§ **Provided records**:
//! An entity that threads share, and workers around it: that its lanes and its workers run side by side, and what its
//! users take then.
#![tactic(auto)]

#[cfg(test)]
mod acts;
#[cfg(test)]
mod apart;
#[cfg(test)]
mod closing;
#[cfg(test)]
mod crowd;
#[cfg(test)]
mod heard;
#[cfg(test)]
mod runs;
#[cfg(test)]
mod said;
#[cfg(test)]
mod watch;
#[cfg(test)]
mod workers;
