use cfdp_types::EntityId;
use entity_config::{ConfigFault, read_config};
use std::alloc::Global;

/// Where a remote entity of a configuration is, if the configuration has it.
fn address_in(alloc: Global, text: &str, remote: u64) -> Result<Option<String>, ConfigFault> {
    let config = read_config(alloc, text)?;
    let Some(address) = config.address_of(EntityId(remote)) else {
        return Ok(None);
    };
    Ok(Some(String::from_str(alloc, address)?))
}

// ---- the test

use std::test::*;
use test_configs::{REFERENCE, text_of};

#[test]
fn a_remote_has_an_address(rt: HostRuntime) -> Result<(), Fail> {
    let alloc = rt.alloc();
    let text = text_of(alloc, &REFERENCE)?;
    assert!(rt; matches!(address_in(alloc, text.as_str(), 1), Ok(Some(_))));
    assert!(rt; matches!(address_in(alloc, text.as_str(), 9), Ok(None)));
    Ok(())
}
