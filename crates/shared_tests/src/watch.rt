//! A gate that has lanes step, counts the points that its threads reach, and may hold them at one of them.
ghost use Rattle.std.specs.Prelude.{◌≡◌};

use crate::said::{Said, of_step};
use shared_lanes::{Gate, Held, Names, Point};
use std::sync::Wait;
use std::sync::atomic::{AtomicU64, Ordering};
use std::thread::Parker;
use std::time::Duration;
use txn_events::Event;

/// How often a thread checks.
pub(crate) const TURNS: u32 = 1_000_000;

/// Lets other threads run for a moment. If a thread only yields, it may use up all its turns before another that it
/// waits for has its first.
pub(crate) fn pause<R: Wait>(rt: &R) {
    Parker::new().park_timeout(rt, Duration::from_micros(50));
}

/// The gate. Threads that reach `stop` wait there until `wanted` threads have arrived, themselves among them.
#[derive(Drop)]
pub(crate) struct Watch<R> {
    rt: R,
    stop: Option<Point>,
    wanted: u64,
    arrived: AtomicU64,
    met: AtomicU64,
    points: AtomicU64,
}

impl<R: Wait> Watch<R> {
    /// A gate that holds nobody.
    pub(crate) fn new(rt: R) -> Watch<R> {
        Watch {
            rt,
            stop: None,
            wanted: 0,
            arrived: AtomicU64::new(0),
            met: AtomicU64::new(0),
            points: AtomicU64::new(0),
        }
    }

    /// A gate that holds threads.
    pub(crate) fn holding(rt: R, stop: Point, wanted: u64) -> Watch<R> {
        Watch {
            stop: Some(stop),
            wanted,
            ..Watch::new(rt)
        }
    }

    /// Counts a thread that has arrived.
    pub(crate) fn arrive(&self) {
        self.arrived.fetch_add(1, Ordering::SeqCst);
    }

    /// Waits until this many threads have arrived, and returns whether they did.
    pub(crate) fn waits_for(&self, wanted: u64) -> bool {
        for _ in 0..TURNS {
            if self.arrived.load(Ordering::SeqCst) >= wanted {
                return true;
            }
            pause(&self.rt);
        }
        false
    }

    /// How many threads were held until all had arrived.
    pub(crate) fn met(&self) -> u64 {
        self.met.load(Ordering::SeqCst)
    }

    /// How often its threads locked a lane of the first user, plus a hundred times how often they locked one of another
    /// user, plus ten thousand times how often they took a datagram.
    pub(crate) fn points(&self) -> u64 {
        self.points.load(Ordering::SeqCst)
    }

    // Holds a thread. Then it waits a while longer; meanwhile no other thread may have what it has.
    fn hold(&self) {
        self.arrive();
        if self.waits_for(self.wanted) {
            self.met.fetch_add(1, Ordering::SeqCst);
        }
        for _ in 0..100 {
            pause(&self.rt);
        }
    }
}

impl<N: Names, R: Wait + Copy> Gate<N, R> for Watch<R> {
    type Answer = Said;

    ghost gives = { λ gate old event answer new. new ≡ new };

    fn at(&self, point: Point) {
        let weight = match point {
            Point::Locked(0) => 1,
            Point::Locked(_) => 100,
            Point::Taken => 10_000,
        };
        self.points.fetch_add(weight, Ordering::SeqCst);
        if self.stop == Some(point) {
            self.hold();
        }
    }

    fn locked(&self, held: &mut Held<N, R>, event: &Event) -> Said {
        of_step(held.step(event))
    }
}
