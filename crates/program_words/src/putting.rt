ghost use Rattle.std.specs.Prelude.{◌≡◌, IfOk, IfSome, false, map, string_bytes};
ghost use Rattle.clap.specs.Words.{app_of, found_of, rule_of};
ghost use Rattle.program_words.specs.Lines.{PutSays, found_in, given_by, placed, put_program};
ghost use Rattle.program_words.specs.Numbers.{class_of};

use crate::fault::WordsFault;
use crate::options::{
    fault_of, first_number, flag, is_address, is_name, limit_of, number_within, optional, required,
};
use cfdp_types::{Class, EntityId};
use clap::{Arg, ArgAction, ArgMatches, Command};
use release::{VERSION, versioned};
use std::alloc::{AllocError, Global};

/// What a command line asks to put, and how.
#[derive(Clone, Copy, Debug)]
pub struct PutWords<'a> {
    /// The path of the configuration's file.
    pub config: &'a str,
    /// The address that the program listens at: `A.B.C.D:PORT`.
    pub bind: &'a str,
    /// The name of the sending user.
    pub user: &'a str,
    /// The remote entity that receives the file.
    pub remote: EntityId,
    pub class: Class,
    /// The path of the file, and its source file name: 1 to 255 octets.
    pub source: &'a str,
    /// Its destination file name: 1 to 255 octets.
    pub destination_name: &'a str,
    /// How many octets of the file's PDUs may be sent in a second, if that is limited.
    pub rate: Option<u64>,
    /// Whether the receiver is asked to report at the end what became of the file; it matters in class 1 only.
    pub closure: bool,
    /// The number of the entity's first transaction, if not the configuration's: at most 2^63 - 1.
    pub first: Option<u64>,
    /// The path of the file that keeps where transaction numbers begin.
    pub numbers: Option<&'a str>,
    /// Whether datagrams from addresses that aren't in the configuration are dropped.
    pub known_sources: bool,
}

const HELP: &str = "Sends one file by CFDP over UDP, and prints its user's indications.

Usage: cfdp_put --config FILE --bind ADDR --user NAME --remote ID --class N [--closure]
       [--rate N] [--first N] [--numbers FILE] [--known-sources] SRC DST

  --config FILE   the configuration of the entity, in TOML
  --bind ADDR     where it listens: A.B.C.D:PORT, all in decimal
  --user NAME     the sending user, by its name in the configuration
  --remote ID     the receiving entity, by its ID in the configuration
  --class N       1 (unacknowledged) or 2 (acknowledged)
  --closure       asks the receiver, in class 1 too, to report at the end what became of the file
  --rate N        octets a second to send for the file, 1 to 1000000000 (default: no limit)
  --first N       where the numbers of transactions begin, instead of the configuration's `first`
  --numbers FILE  keeps in this file where the numbers of the next run begin
  --known-sources drops datagrams from addresses that the configuration doesn't have
  SRC             the file to be sent
  DST             its name at the receiver
  --check         with --config alone: reads FILE, prints `ok` or what is wrong with it, and ends
  --help          prints this, and ends
  --version       prints the version, and ends

Status 0: the receiver reports that it has the whole file. 2: the transaction ended otherwise; in
class 1 without --closure it always does, since the sender never learns what became of the file.
1: a fault of the program.
";

/// What `--help` of the program prints.
pub fn put_help() -> &'static str {
    HELP
}

/// What `--version` of the program prints.
pub fn put_version() -> &'static str {
    versioned!("cfdp_put ", "\n")
}

// A positional word.
fn word<'a>(alloc: Global, name: &'static str) -> Arg<'a>
    ensures rule { rule_of result ≡ placed name.entry.now }
    ensures local { result.global ≡ false }
{
    Arg::new(alloc, name).required(true).action(ArgAction::Set)
}

// The options and words of the program.
pub(crate) fn command<'a>(alloc: Global) -> Result<Command<'a>, AllocError>
    ensures { IfOk result (λ command. app_of command ≡ put_program) }
{
    let command = Command::new(alloc, "cfdp_put")
        .version(VERSION)
        .arg(required(alloc, "config"))?
        .arg(required(alloc, "bind"))?
        .arg(required(alloc, "user"))?
        .arg(required(alloc, "remote"))?
        .arg(required(alloc, "class"))?
        .arg(optional(alloc, "rate"))?
        .arg(flag(alloc, "closure"))?
        .arg(optional(alloc, "first"))?
        .arg(optional(alloc, "numbers"))?
        .arg(flag(alloc, "known-sources"))?
        .arg(word(alloc, "source"))?
        .arg(word(alloc, "target"))?;
    Ok(command)
}

// A class, from its number.
fn class_of(word: &str) -> Option<Class>
    ensures { result ≡ class_of word.now }
{
    match number_within(word, 1, 2)? {
        1 => Some(Class::One),
        _ => Some(Class::Two),
    }
}

// The words that the matches of a command line give.
fn words_in<'a>(matches: &ArgMatches<'a>) -> Option<PutWords<'a>>
    ensures { IfSome result (λ words. PutSays (found_in (found_of matches.now)) words) }
{
    let config = matches.get_str("config")?;
    let bind = matches.get_str("bind")?;
    let user = matches.get_str("user")?;
    let remote = number_within(matches.get_str("remote")?, 0, u64::MAX)?;
    let class = class_of(matches.get_str("class")?)?;
    let source = matches.get_str("source")?;
    let destination_name = matches.get_str("target")?;
    let rate = limit_of(matches.get_str("rate"))?;
    let closure = matches.get_flag("closure");
    let first = first_number(matches.get_str("first"))?;
    let numbers = matches.get_str("numbers");
    let known_sources = matches.get_flag("known-sources");
    if !is_address(bind) || !is_name(source) || !is_name(destination_name) || numbers == Some("") {
        return None;
    }
    Some(PutWords {
        config,
        bind,
        user,
        remote: EntityId(remote),
        class,
        source,
        destination_name,
        rate,
        closure,
        first,
        numbers,
        known_sources,
    })
}

// Parses a line with the program's options.
fn words_by<'a>(command: Command<'a>, line: &'a [String]) -> Result<PutWords<'a>, WordsFault>
    requires { app_of command ≡ put_program }
    ensures { IfOk result (λ words. PutSays (given_by put_program (map string_bytes line.entry.now)) words) }
{
    match command.try_get_matches_from(line) {
        Ok(matches) => words_in(&matches).ok_or(WordsFault::Usage),
        Err(error) => Err(fault_of(&error)),
    }
}

/// Parses a command line of the program; its first word is the program's own name.
pub fn put_words<'a>(alloc: Global, line: &'a [String]) -> Result<PutWords<'a>, WordsFault>
    ensures { IfOk result (λ words. PutSays (given_by put_program (map string_bytes line.entry.now)) words) }
{
    match command(alloc) {
        Ok(command) => words_by(command, line),
        Err(AllocError) => Err(WordsFault::NoMemory),
    }
}
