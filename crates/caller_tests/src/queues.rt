use indications::Indication;
use std::sync::Wait;
use user_queues::UserPort;

/// How many transactions ended by what a user's queue holds. A user takes; bundles come in the order in which the lanes put them.
fn count_ends<R: Wait>(rt: &R, port: &mut UserPort) -> usize {
    let mut ends = 0usize;
    for _ in 0..port.room() {
        let Some(bundle) = port.take(rt) else {
            break;
        };
        for said in bundle.inds.as_slice() {
            if matches!(said, Indication::TransactionFinished { .. }) {
                ends = ends.saturating_add(1);
            }
        }
    }
    ends
}

// ---- the test

use std::test::*;
use user_queues::open;

#[test]
fn an_empty_queue_has_no_ends(rt: HostRuntime) -> Result<(), Fail> {
    let mut queues = open(rt, rt.alloc(), &[2], 8)?;
    match queues.users.pop() {
        None => Err(Fail::from("there is a user")),
        Some(mut ends) => {
            assert_eq!(rt; count_ends(&rt, &mut ends.port), 0);
            Ok(())
        }
    }
}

§ **Exercise**: In the entries above, find the line with "let config = read_config(alloc, text)?;" and the line with "use txn_events::Event;", then restate word for word both of them and every line between, with nothing more.

§ **Written response**:
    let config = read_config(alloc, text)?;
    let Some(address) = config.address_of(EntityId(remote)) else {
        return Ok(None);
    };
    Ok(Some(String::from_str(alloc, address)?))
}

// ---- the test

use std::test::*;
use test_configs::{REFERENCE, text_of};

#[test]
fn a_remote_has_an_address(rt: HostRuntime) -> Result<(), Fail> {
    let alloc = rt.alloc();
    let text = text_of(alloc, &REFERENCE)?;
    assert!(rt; matches!(address_in(alloc, text.as_str(), 1), Ok(Some(_))));
    assert!(rt; matches!(address_in(alloc, text.as_str(), 9), Ok(None)));
    Ok(())
}
filename crates/shared_tests/src/watch.rt
//! A gate that has lanes step, counts the points that its threads reach, and may hold them at one of them.
ghost use Rattle.std.specs.Prelude.{◌≡◌};

use crate::said::{Said, of_step};
use shared_lanes::{Gate, Held, Names, Point};
use std::sync::Wait;
use std::sync::atomic::{AtomicU64, Ordering};
use std::thread::Parker;
use std::time::Duration;
use txn_events::Event;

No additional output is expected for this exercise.